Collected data
------------------------------------------------

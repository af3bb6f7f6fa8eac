//! The laws of keeping states: each is the contract of a function that does nothing.

ghost use Rattle.useful_states.specs.Laws.{KeptAcceptsNoMore, KeptAcceptsTheSame, TrimmedAcceptsTheSame, KeptIsOne, TrimmedIsOne};

/// Keeping some states accepts no more, in both modes.
pub fn kept_accepts_no_more()
    ensures { KeptAcceptsNoMore }
{}

/// Keeping all useful states accepts the same, in the mode in which they are useful.
pub fn kept_accepts_the_same()
    ensures { KeptAcceptsTheSame }
{}

/// Trimming accepts the same.
pub fn trimmed_accepts_the_same()
    ensures { TrimmedAcceptsTheSame }
{}

/// Keeping these states gives one automaton.
pub fn kept_is_one()
    ensures { KeptIsOne }
{}

/// Trimming gives one automaton.
pub fn trimmed_is_one()
    ensures { TrimmedIsOne }
{}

------------------------------------------------

TASK STATEMENT: Your response must repeat the entries above exactly, in full.

TASK SOLUTION:
repository af3bb6f7f6fa8eac
//! The laws of keeping states: each is the contract of a function that does nothing.

ghost use Rattle.useful_states.specs.Laws.{KeptAcceptsNoMore, KeptAcceptsTheSame, TrimmedAcceptsTheSame, KeptIsOne, TrimmedIsOne};

/// Keeping some states accepts no more, in both modes.
pub fn kept_accepts_no_more()
    ensures { KeptAcceptsNoMore }
{}

/// Keeping all useful states accepts the same, in the mode in which they are useful.
pub fn kept_accepts_the_same()
    ensures { KeptAcceptsTheSame }
{}

/// Trimming accepts the same.
pub fn trimmed_accepts_the_same()
    ensures { TrimmedAcceptsTheSame }
{}

/// Keeping these states gives one automaton.
pub fn kept_is_one()
    ensures { KeptIsOne }
{}

/// Trimming gives one automaton.
pub fn trimmed_is_one()
    ensures { TrimmedIsOne }
{}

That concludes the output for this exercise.